(Closed) Moving problems…advice please-Long post

posted 7 years ago in Relationships
Post # 3
Member
858 posts
Busy bee

to be honest he comes off kind of selfish in your post. Its ok for you to have to drive an hour to and from work everyday but he cant add 20 minutes to his commute to make your life a little easier? If he really wont do it then you should get your own place if that is what will make your life easier. He might find out that only being together on the weekends isnt enough for him and suck it up and move in with you. I hope he comes around and it works out for you 🙂

Post # 4
Member
5993 posts
Bee Keeper
  • Wedding: May 2010

you are not being unreasonable but to be honest i also see his side of things (because im spoilt by my work commute), why would he want to move to inconvenience himself when its going to cost him more money and time to travel to and from work

i guess for now you focus on paying off the loans and then i think you should look for something closer to work – they say absence makes the heart grow fonder so hopefully you will find a compromise

Post # 5
Member
3799 posts
Honey bee
  • Wedding: June 2012

Truthfully, he needs to suck it up. When Fiance and I moved the two times that we have moved together, we picked an area that would give us equal commutes. Yea, ok it’s great to walk 15 minutes to work everyday, but part of being in a relationship is giving and taking and making the other person’s life easier and better. Boo hoo for him, he would have to drive 20 minutes everyday. In the end, you would be happier because you have a less stressful commute AND he would get to see you everyday! Either he is looking for an excuse or he is just being lazy and really…could you imagine a life with someone who doesn’t at least TRY to make things easier for you? Relationships are about being a team. Don’t cave. He needs to learn to give a little.

Post # 6
Member
7587 posts
Bumble Beekeeper
  • Wedding: December 2010

@masqueradestars: Relationships are about compromise and if he’s not willing to do it now, then he won’t be willing to do it in the future. Get your own place and then he can figure it out down the line what he wants. You gave him his chance. I would make him commute to my apt though at night to see me. Either way he’ll have to give.

Post # 7
Member
2321 posts
Buzzing bee
  • Wedding: July 2011

He should move. He may or may not have that job for a long time. He can’t really choose that. But he CAN choose to may or may not see you everyday and/or have you in his life.
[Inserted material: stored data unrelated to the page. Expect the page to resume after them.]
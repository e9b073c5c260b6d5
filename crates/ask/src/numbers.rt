//! What is asked of numbers alone.
use crate::tell::Numbered;

pub fn known<'a>(ty: u32) -> Numbered<'a> {
    Numbered("is", u64::from(fields::known_type(ty)))
}

pub fn flags<'a>(flags: u16) -> Numbered<'a> {
    Numbered("flags", u64::from(fields::attribute_flags(flags)))
}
My commute is similar to yours so I know the feeling. My Fiance is closer to his work. Only takes him 20 mins drive as opposed to my 1 hr plus! But it is my decision not to move. ANY closer and the homes go up in prices like ‘effin’ crazy. And I don’t wanna move just 5-10 mins closer. I wanna move AT LEAST 20 mins or more closer.

Post # 8
Member
1686 posts
Bumble bee
  • Wedding: August 2013

1. Can you take public transportation to work?
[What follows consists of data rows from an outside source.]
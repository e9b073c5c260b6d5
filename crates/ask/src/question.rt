//! Questions, as they come on standard input: a byte for what is asked, a byte for how many numbers come with it,
//! each number as a byte for its tag and eight for its value, little-endian; then the bytes of the record, those of
//! the table, those that a key's name begins with, and the numbers of an extract's records, eight bytes each, as many
//! as four of the numbers say; the name's others are 0. A number that does not come is 0. So a call that asks for more
//! takes a new tag, behind the others, and no other question changes.
use fields::RecordNumber;
use fields::bytes::{u16_at, u32_at, u64_at};
use items::{Key, Rest, State};
use list::MOST_NAME;
use std::alloc::{AllocError, Global};
use std::io;
use std::io::{ErrorKind, Read};

// What is asked, and how many numbers come.
const HEAD: usize = 2;

// Where each number is kept, eight bytes for each in the order of the tags: that of tag 0 first.
const NUMBER: usize = 0;

const PLACE: usize = 8;

const WANTED: usize = 16;

const LIST: usize = 24;

const LIST_FROM: usize = 32;

const LIST_TO: usize = 40;

const KEY: usize = 48;

const TYPE: usize = 56;

const INSTANCE: usize = 64;

const MOST: usize = 72;

const RECORD_BYTES: usize = 80;

const TABLE_BYTES: usize = 88;

const BUFFER: usize = 96;

const LAST: usize = 104;

const SUM: usize = 112;

const RUN_BYTES: usize = 120;

const UNITS: usize = 128;

const NAME_BYTES: usize = 136;

const SIZE: usize = 144;

const LISTED: usize = 152;

const HAS_BASE: usize = 160;

const BASE: usize = 168;

const NUMBERS: usize = 176;

/// How many bytes the record and the table may have together: as many as an extract of one record too many and a
/// buffer for the longest table of its size.
const ROOM: usize = 4_300_000;

/// How many numbers may be listed: one for each of the smallest records that there is room for, and a few more.
const MOST_LISTED: usize = 8_400;

/// A question, for every call that there is: each reads what it needs. A state has the place as its raw place, the list
/// and the key; `ty` stands beside a key, since other calls ask for it too, and `instance` is theirs alone. `most` is
/// how many calls a walk makes, the room for parts, or how many bytes of a key's name are sought; `buffer` the room for
/// a listing's text. `last` and `sum` go from one run to the next, and `run_bytes` is how many bytes of a record hold
/// runs. The record is, for an entry, the rest of a list, and for one run the run bytes; for an extract it is the
/// extract, of records of `size` bytes, and the table is what its buffer holds; `listed` are the numbers of its records
/// where these are chosen, and `base` is the record that its table is to have for its base record. Of two tables that
/// are merged the record is the first, and the table is the second and behind it what their buffer holds, `buffer`
/// bytes. The kind is the byte that came: `main` has the kinds.
#[derive(Clone, Copy)]
pub struct Question<'a> {
    pub kind: u8,
    pub number: RecordNumber,
    pub place: usize,
    pub wanted: RecordNumber,
    pub list: Option<Rest>,
    pub key: Option<Key>,
    pub ty: u32,
    pub instance: u16,
    pub most: u16,
    pub buffer: usize,
    pub last: u64,
    pub sum: u64,
    pub run_bytes: usize,
    pub size: usize,
    pub base: Option<RecordNumber>,
    pub listed: &'a [RecordNumber],
    pub record: &'a [u8],
    pub table: &'a [u8],
}

impl<'a> Question<'a> {
    fn of(
        kind: u8,
        numbers: &[u8; NUMBERS],
        name: [u8; MOST_NAME],
        listed: &'a [RecordNumber],
        record: &'a [u8],
        table: &'a [u8],
    ) -> Question<'a> {
        let ty = u32_at(numbers, TYPE);
        let rest = Rest {
            from: u64_at(numbers, LIST_FROM) as usize,
            to: u64_at(numbers, LIST_TO) as usize,
        };
        let key = Key {
            ty,
            units: numbers[UNITS],
            name,
        };
        let base = RecordNumber(u64_at(numbers, BASE));
        Question {
            kind,
            number: RecordNumber(u64_at(numbers, NUMBER)),
            place: u64_at(numbers, PLACE) as usize,
            wanted: RecordNumber(u64_at(numbers, WANTED)),
            list: if numbers[LIST] != 0 { Some(rest) } else { None },
            key: if numbers[KEY] != 0 { Some(key) } else { None },
            ty,
            instance: u16_at(numbers, INSTANCE),
            most: u16_at(numbers, MOST),
            buffer: u64_at(numbers, BUFFER) as usize,
            last: u64_at(numbers, LAST),
            sum: u64_at(numbers, SUM),
            run_bytes: u64_at(numbers, RUN_BYTES) as usize,
            size: u64_at(numbers, SIZE) as usize,
            base: if numbers[HAS_BASE] != 0 {
                Some(base)
            } else {
                None
            },
            listed,
            record,
            table,
        }
    }

    /// The state that a walk goes on from.
    pub fn state(&self) -> State {
        State {
            raw: self.place,
            list: self.list,
            key: self.key,
        }
    }
}

/// Room for the bytes of a question.
pub fn room(alloc: Global) -> Result<Vec<u8>, AllocError> {
    vec![in alloc; 0; ROOM]
}

/// Room for the numbers that a question lists.
pub fn listed_room(alloc: Global) -> Result<Vec<RecordNumber>, AllocError> {
    vec![in alloc; RecordNumber(0); MOST_LISTED]
}

// So many numbers, each at its place. A tag that there is not is an error.
fn numbers<R: Read>(input: &mut R, count: u8) -> io::Result<[u8; NUMBERS]> {
    let mut given = [0u8; NUMBERS];
    for _ in 0..count {
        let mut tag = [0u8; 1];
        input.read_exact(&mut tag)?;
        let at = 8 * usize::from(tag[0]);
        let Some(number) = given.get_mut(at..at + 8) else {
            return Err(io::Error::from(ErrorKind::InvalidData));
        };
        input.read_exact(number)?;
    }
    Ok(given)
}

// A name that begins with as many bytes as come for it.
fn name<R: Read>(input: &mut R, count: usize) -> io::Result<[u8; MOST_NAME]> {
    let mut whole = [0u8; MOST_NAME];
    let Some(given) = whole.get_mut(..count) else {
        return Err(io::Error::from(ErrorKind::InvalidData));
    };
    input.read_exact(given)?;
    Ok(whole)
}

// So many listed numbers, put at the front of their room.
fn listed<'a, R: Read>(
    input: &mut R,
    count: usize,
    room: &'a mut [RecordNumber],
) -> io::Result<&'a [RecordNumber]> {
    let Some(numbers) = room.get_mut(..count) else {
        return Err(io::Error::from(ErrorKind::InvalidData));
    };
    for number in numbers.iter_mut() {
        let mut bytes = [0u8; 8];
        input.read_exact(&mut bytes)?;
        *number = RecordNumber(u64_at(&bytes, 0));
    }
    Ok(numbers)
}

/// The next question, its bytes put at the front of the buffer, and its listed numbers at that of theirs. An input that
/// ends here is an error, and so is a question that is cut, has no room, or has more bytes for a name than that has.
pub fn read<'a, R: Read>(
    input: &mut R,
    space: &'a mut [u8],
    room: &'a mut [RecordNumber],
) -> io::Result<Question<'a>> {
    let mut head = [0u8; HEAD];
    input.read_exact(&mut head)?;
    let given = numbers(input, head[1])?;
    let record = u32_at(&given, RECORD_BYTES) as usize;
    let table = u32_at(&given, TABLE_BYTES) as usize;
    let Some(bytes) = space.get_mut(..record + table) else {
        return Err(io::Error::from(ErrorKind::InvalidData));
    };
    input.read_exact(bytes)?;
    let name = name(input, u64_at(&given, NAME_BYTES) as usize)?;
    let listed = listed(input, u64_at(&given, LISTED) as usize, room)?;
    let (record, table) = bytes.split_at(record);
    Ok(Question::of(head[0], &given, name, listed, record, table))
}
2. Is there any midpoint that would give you both a similar commute by public transportation?

3. What are prices like in the various neighborhoods you’re considering? Crime? Amenities?

4. Is there any disparity in hours at work? (Does one of you work part time and the other full, does one of you work 40 or 45 hours and the other 60?)
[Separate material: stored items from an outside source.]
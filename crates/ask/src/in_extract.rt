//! What is asked of extracts of a raw $MFT.
use crate::question::Question;
use crate::tell::{Bytes, Tell, line};
use extract::{Extract, Extracted};
use fields::Refusal;
use std::io;
use std::io::{ErrorKind, Write};

/// A question's own bytes can't be written, so those that a buffer holds are copied into a room for it.
pub fn lent<'a>(held: &[u8], room: &'a mut [u8]) -> io::Result<&'a mut [u8]> {
    let Some(buffer) = room.get_mut(..held.len()) else {
        return Err(io::Error::from(ErrorKind::InvalidData));
    };
    buffer.copy_from_slice(held);
    Ok(buffer)
}

// The extract with the base record that is asked for, if one is.
fn based<'a>(extract: Extract<'a>, q: &Question<'_>) -> Extract<'a> {
    match q.base {
        Some(number) => extract.with_base(number),
        None => extract,
    }
}

fn extracted(q: &Question<'_>, buffer: &mut [u8]) -> Result<Extracted, Refusal> {
    based(Extract::check(q.record, q.size, q.number)?, q).write(buffer)
}

/// What a call reports or refuses, and the whole buffer that it was lent, as it stands then.
pub fn write<W: Write>(out: &mut W, q: &Question<'_>, room: &mut [u8]) -> io::Result<()> {
    let buffer = lent(q.table, room)?;
    let answer = extracted(q, buffer);
    answer.tell(out)?;
    out.write_all(b" ")?;
    line(out, &Bytes("view", buffer))
}

// What becomes of the record at each position, of what lies straight behind the last, and of that at `place`.
fn tell_judged<W: Write>(out: &mut W, q: &Question<'_>, extract: &Extract<'_>) -> io::Result<()> {
    out.write_all(b" judged")?;
    for position in 0..q.listed.len() {
        out.write_all(b" ")?;
        extract.judged(position).tell(out)?;
    }
    for position in [q.listed.len(), q.place] {
        out.write_all(b" ")?;
        extract.judged(position).tell(out)?;
    }
    Ok(())
}

/// The same of records with a number each, and in front of the buffer what becomes of each record.
pub fn write_chosen<W: Write>(out: &mut W, q: &Question<'_>, room: &mut [u8]) -> io::Result<()> {
    let buffer = lent(q.table, room)?;
    match Extract::chosen(q.record, q.size, q.listed) {
        Ok(extract) => {
            let extract = based(extract, q);
            extract.write(buffer).tell(out)?;
            tell_judged(out, q, &extract)?;
        }
        Err(r) => r.tell(out)?,
    }
    out.write_all(b" ")?;
    line(out, &Bytes("view", buffer))
}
5. Are either of you in jobs with irregular hours or that require being on call for emergencies?

6. Are you considering renting or buying?

7. Is either of you dissatisfied with your current job/considering leaving within the next 24 months? (if possible, and for reasons other than location/commute)

 

I think living in a place where at least one of you can commute without a car is awesome, because it means you can be a one car household, which can make a big difference when you factor repairs/payment/insurance/parking/fuel into the equation. But it also means one of you will likely have a worse commute than the other.

 

Post # 9
Member
1269 posts
Bumble bee
  • Wedding: January 2011

I don’t think you should move in with him.  I think you should get your own place closer to work and then I would make him come to you or at least take turns and defintely don’t give in and go to him if he whines about coming to see you. 

Probably not everyone feels this way but I don’t think I would move in with someone unless it was more serious (I wouldn’t want to have the mess that would go with breaking up with someone you live with).  And the fact that he would miss you at first but get over it sounds like the relationship is more just convenience for him and not taking you into consideration.  I’m not there or know the whole story obviously so I could be mistaken I know. 

Other things to take into consideration.  Darling Husband and I are about to move from my 20 minute commute and his 45 min both driving to him having a 15 min walking commute and me having a 45 min bus commute.  But this is smarter for us in that we will cut down on gas significantly and also, his job is permanent and he takes call at the hospital whereas mine is not.  If mine were more permanent then we would find a middle ground. 

Post # 10
Member
317 posts
Helper bee
  • Wedding: May 2010

I’m in the same situation as you, Talishazwi.  My commute is about an hour and fifteen minutes each way, which sucks! My husband’s commute is only 20 minutes. However, his job is something that he could retire from (and pays twice what I make) and my job is horrible anyway, so I’m hoping to not be there much longer. If my job were more permanent, we would have moved closer to a halfway point for each of us.